Kimseyi suçlamadım. Kimilerinin sevgisi biçimsizdir, kimi doğuştan kabiliyetsiz. Kimilerin hayali çöptür, kimilerin hayali hazine... Bir yere varamaz kabiliyetsiz insanlar ve mutlu olamazlar. Onların huzursuzlukları bıçak gibi saplanır uykularımıza. Biz de korkudan saklanırız kuytularımıza. Hayat bu sen dik dur. Bil diye söylüyorum bunları. Bil diye. Belki göğsün kimsesizdir, belki göğsün hilesizdir.
Her hikâyede masum, her hikayede kahraman kaldığımı, bil diye...
Cumartesi
Zaman Akıyor..
Bir
şeyler yazmak istiyorum ama karışıyor kelimeler. Hayata dair
içimde ne var yoksa anlatmak, paylaşmak istiyorum. Yazıyorum
anlatıyorum ama sonra pişman oluyorum siliyorum. Kendime kalıyor
yine kelimeler.
Ben
ruhumu paylaşmak istiyorum aslında kelimelerimle ama bazen o kadar
meşgul oluyorum kii.. Ona hikaye yetiştir, buna yazı yaz.
Yazıyorum ama bir bakmışım sadece yazmışım anlatmamışım,
paylaşmamışım. Dünyaya sadece yazmak için geldiğimi
düşünüyorum bazen. Yoksa başka yaşam sebebim yokmuş gibi.. Her
neyse.. Bu güzel bir işkenceydi. Şarap içtiğin için cehennemde
yanmak gibiydi. Güzel bir günahın cezası gibiydi. Ben harcanacak
kadar yaşlanmadım. En azından bunun farkındayım.
İnsanları
izliyorum bazen elimde o kara kaplı hikayelerimin plan defteriyle.
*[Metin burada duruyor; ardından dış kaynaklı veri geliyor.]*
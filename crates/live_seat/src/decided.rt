ghost use Rattle.std.specs.Prelude.{◌≡◌, IfErr, IfOk, length, map, true};
ghost use Rattle.decision.specs.Programs.{Suits};
ghost use Rattle.live_seat.specs.Decided.{IsDecidedAt, IsStoppedAt};
ghost use Rattle.matcher_meaning.specs.Comes.{takes_memory};
ghost use Rattle.perm_value.specs.Seen.{datum};
ghost use Rattle.regex_gate.specs.Refusals.{IsUsed};

use crate::answered::{Answered, SeatStop};
use crate::loan::end_loan;
use core::mem::replace_with;
use decision::{Program, Scratch, decide};
use live_pair::{Naming, Seat};
use perm_value::Request;
use regex_gate::Finder;

/// The verdict on a request, by one entry of a seat: over the policy that is then published, which has all that the seat knew
/// of (Casbin, enforce). It waits for nobody, and memory is taken by `regexMatch` and `eval` alone.
pub fn decide_seat<J: Naming, P: Finder>(
    seat: &mut Seat<J>,
    program: &Program,
    request: &Request,
    finder: &mut P,
    scratch: &mut Scratch,
) -> Result<Answered, SeatStop>
    requires takes { length request.now ≡ length program.now.request }
    requires suits { Suits program.now J.shapes }
    ensures decided { IfOk result (IsDecidedAt program.now J.shapes J.opening
        (map datum request.now) (P.refusals finder.old) (P.refusals finder.new)
        seat.old seat.new) }
    ensures stopped { IfErr result (IsStoppedAt
        (P.refusals finder.old) (P.refusals finder.new) seat.old seat.new) }
    ensures no_memory { IfErr result (λ stop. stop ≡ SeatStop.NoMemory
        → takes_memory program.now.matcher ≡ true) }
    ensures used { IsUsed (P.refusals finder.old) (P.refusals finder.new) }
{
    let (answered, finder) = replace_with(
        seat,
        finder,
        |seat: Seat<J>, finder: &mut P|
            requires { (length request.now ≡ length program.now.request)
                × Suits program.now J.shapes }
        {
            let (seat, answered) = decided_inside(seat, program, request, finder, scratch);
            (seat, (answered, finder))
        },
    );
    end_loan(finder);
    answered
}

// The same, and the seat as it is afterwards.
fn decided_inside<J: Naming, P: Finder>(
    seat: Seat<J>,
    program: &Program,
    request: &Request,
    finder: &mut P,
    scratch: &mut Scratch,
) -> (Seat<J>, Result<Answered, SeatStop>)
    requires takes { length request.now ≡ length program.now.request }
    requires suits { Suits program.now J.shapes }
    ensures decided { IfOk result.1 (IsDecidedAt program.now J.shapes J.opening
        (map datum request.now) (P.refusals finder.old) (P.refusals finder.new)
        seat result.0) }
    ensures stopped { IfErr result.1 (IsStoppedAt
        (P.refusals finder.old) (P.refusals finder.new) seat result.0) }
    ensures no_memory { IfErr result.1 (λ stop. stop ≡ SeatStop.NoMemory
        → takes_memory program.now.matcher ≡ true) }
    ensures used { IsUsed (P.refusals finder.old) (P.refusals finder.new) }
{
    let entered = match seat.enter() {
        Ok(entered) => entered,
        Err(shut) => return (shut.seat, Err(SeatStop::Shut)),
    };
    let version = entered.version();
    let decided = decide(program, entered.state(), request, finder, scratch);
    let seat = entered.leave();
    match decided {
        Ok(verdict) => (seat, Ok(Answered { version, verdict })),
        Err(_) => (seat, Err(SeatStop::NoMemory)),
    }
}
Eskiden olduğu gibi o parkta bazen oturarak gelip geçeni
izleyerek. Her insan ayrı bir hikaye. Her adım bile.. En minik bir
bakıştan bile fikir edinebiliyorum yazacaklarıma dair ama kendime
kalıyor her şey.
Bazen
de sokağın ortasında dikilip, kimsesiz bir kadının gözleriyle
bakıyorum hayata. İnsanlar yanımdan geçiyor, bazıları omzuma
çarpıp hayallerimi döküyor yerlere. Kimse eğilip toplamıyor
onları, hayat filmlerdeki gibi değil ya da belki tam olarak öyle.
Sadece ben yaşayamıyorum film gibi bir hayatı.
Çoğumuz
söylemek isteyip de söyleyemediklerimizle bu dünyayı bırakıp
gidiyoruz, değil mi? Çoğumuz yaşayamadıklarını hayal etmekle
yetiniyor. Zaman akıyor. Geçen zamanın bir saniyesi bile geri
gelmiyor.
Hayallerimi
gerçekleştirememe korkusundan dolayı mücadele bile edemiyorum.
İsteğim yok demiyorum ama engeller tüm hevesimi törpüledi. İmkan
ve şans olmadıktan sonra yapabileceğim tek şey hayallere
sığınmak. Aslında en kolayı, en hoş ve en kedersiz olanı da bu
herhalde. Tüm bunlara rağmen olumsuz yönleri de yok değil. Çünkü
hayaller ne kadar hoş olsa da hiç bir zaman gerçeklerin yerini
alamıyor. Öyle olsa da.
Şu
an kendimi, duygularımı analiz etmekten dahi aciz görüyorum.
Belki de yoğun bir haftadan çıkmaktan kaynaklı. Düşünüyor,
hislerime müracaat ediyor, gönlümü yokluyor ama ne yapmak
istediğimi bir türlü kestiremiyorum. Nedir acaba bu belirsizlik;
bir yürek yarası mı, yoksa manevi bir iklime olan ihtiyacım mı?